Unlikely Bedfellows on Student Loans

Maybe we can all get along.

May 11, 2010

Maybe we can all get along.

An unusual coalition of lending, financial aid, and student groups have teamed up to urge members of Congress to require providers of non-federal student loans to get colleges' approval before they make such loans to students. In a letter last week to leaders in the Senate, three groups of lenders, two student groups and the National Association of Student Financial Aid Administrators asked Senate leaders to include such a provision in legislation (S. 3217) they are drafting to reform the country's financial system.

The proposal, a version of which was incorporated into parallel legislation that the House of Representatives passed last fall, is designed to assure that borrowers turn to more-expensive (and riskier) private student loans only after they've exhausted federal, state, and institutional grants, or at least less costly federal student loans.

"Requiring school certification that confirms students’ attendance and loan eligibility -- as is currently required on all federal student loans -- discourages unnecessary borrowing which could lead to delinquency and default during repayment," the groups say in the letter. "It also gives financial aid administrators an additional opportunity to counsel students about less expensive forms of financial aid and ensures that students do not inadvertently disqualify themselves for less costly aid. Simply put, school certification will help ensure that private loan borrowers maximize their ability to borrow federal loans and only turn to private loans after exhausting federal loan eligibility."

The letter was signed by Consumer Bankers Association, the Education Finance Council, and the National Council of Higher Education Loan Programs; the National Association of Student Financial Aid Administrators; and the Institute for College Access & Success and the U.S. Public Interest Research Groups.

It is not unheard of for banks and other lenders to be on the same side of issues as financial aid officers or advocates for students; a roughly similar coalition developed around the federal government's 2007 creation of a repayment system based on borrowers' post-graduation income, for instance.

But recent years have seen much more conflict than collaboration among lenders, students and financial aid officers, most evident in the fact that just two years ago, when Congress renewed the Higher Education Act, lenders were deeply divided over the idea of requiring college officials to "certify" that a student needed the money he or she was preparing to borrow from a private loan provider.

Because of the opposition, which came mostly from lenders who marketed their loans directly to student borrowers, the 2008 legislation instead required students themselves to obtain much of the same information (about their cost of attendance, the amount of federal aid they qualify for, etc.) that the original proposal would have mandated.

So what has changed from two years ago? A better question might be what hasn't.

The most obvious difference in the student loan market is that Congress passed legislation this spring that will end lending through the bank-based Federal Family Education Loan Program. Policy makers are hopeful that ending the competition between the federal government's two student loan programs -- whatever its other pros and cons, which were in the eye of the beholder -- will end the deeply divisive and distracting enmity that has dominated much of the federal conversation about student loans for nearly two decades, perhaps opening the door to much more cooperation among parties in the financial aid world.

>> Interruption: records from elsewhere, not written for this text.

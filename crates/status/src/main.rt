// A member's row of a map file as block status descriptors, or descriptors back as a row.
#![tactic(auto)]

fn main(rt: HostRuntime) {
    let mut map = [0u8; 8193];
    let mut bytes = [0u8; 32776];
    let mut row = [0u8; 512];
    status_tool::run(
        &rt,
        &mut rt.stdin(),
        &rt.stderr(),
        &mut map,
        &mut bytes,
        &mut row,
    );
}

The other enormous shift that has occurred is in the student loan market itself. Two years ago, there still appeared to be a vibrant market for direct to consumer student loans, so lenders that purveyed such loans successfully argued that channeling students through their financial aid offices could result in favoritism toward lenders with which financial aid officers had cozy relationships. But the bottom has more or less dropped out of the direct-to-consumer market for private student loans, as evidenced by the fact that one of the primary opponents of the certification process, MyRichUncle, is now out of business.

And Education Department data published last summer showing a sharp rise in the proportion of college students with private student loans, and in the proportion of private loan borrowers who had taken out those loans without first borrowing the maximum possible (or sometimes any at all) in lower-cost federal loans, offers persuasive evidence that federal policy lags what's happening in the market, said Pauline Abernathy, vice president at the Institute for College Access & Success.

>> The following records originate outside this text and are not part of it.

// Any event as a value, of either side: the types; what each value is among the events of the rules is in specs/.
#![tactic(auto)]

use rules_base::Op;
use rules_pool::{Mode, Reply};

// The client's events. Synced: member, chunk, the node whose map is lent. Answer: number, and what it says. CheckAnswer: the tick's number, member, empty or not.
#[derive(Clone, Copy)]
pub enum Event {
    JoinCreate(u64),
    JoinAssemble(u64, u64, u64),
    Enable(u64),
    Maintenance(u64),
    LinkDown(u64),
    StoreCheck(u64),
    Rejoin(u64),
    Try,
    Remove(u64, Mode),
    Write(u64, u64),
    Synced(u64, u64, u64),
    Answer(u64, Reply),
    Extend,
    Tick,
    CheckAnswer(u64, u64, bool),
}

// What a node is asked that changes nothing. Next: of a member's row, from which chunk on.
#[derive(Clone, Copy)]
pub enum Question {
    MapCheck,
    Next(u64, u64),
}

// A node's events. GivePart: offset, length. TakePart: offset, length, the node of whose map it is a part. Fill: member, version.
#[derive(Clone, Copy)]
pub enum NodeEvent {
    RegisterCreate,
    RegisterAdd(u64, u64),
    Unregister(bool),
    JoinCreate(u64),
    JoinAssemble,
    Leave(bool),
    Enable1(u64, u64),
    Enable0,
    Fault,
    Write(u64, u64, u64),
    Synced(u64, u64),
    PoolInfo(Op, u64),
    LastIo(u64),
    MapReady(bool),
    GivePart(u64, u64),
    TakePart(u64, u64, u64),
    MapDone(bool, u64, u64),
    MapDisable,
    MapGetVer,
    Fill(u64, u64),
}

"The broad support" for the idea of requiring financial aid offices to certify private loans is "an indication of the reality of how much the market has changed, and that it's time for policy to catch up to the market," Abernathy said.

The willingness of lenders to sign on to the certification proposal does not mean that they'll be backing significant reductions in private loan interest rates or embracing other ideas that hurt their bottom lines; the companies are still in the loan business for a reason, and their self-interest will only encourage them to go so far.

But whether lenders support the certification idea because they think it's wise or because they hope that adopting a "best practice" favored by consumer advocates will help reduce defaults and thereby forestall further (and potentially more painful) federal legislation, the level of cooperation is welcome to Justin Draeger, the newly selected president of the financial aid administrators' group.

"I think there’s an opportunity going forward to forge new alliances and partnerships to protect student aid funding and find common ground for student protections like school certification," Draeger said via e-mail. "I hope that this will be the first of many instances where NASFAA can drive consensus and help diverse stakeholders in the higher education community coalesce around concepts that work for and protect students."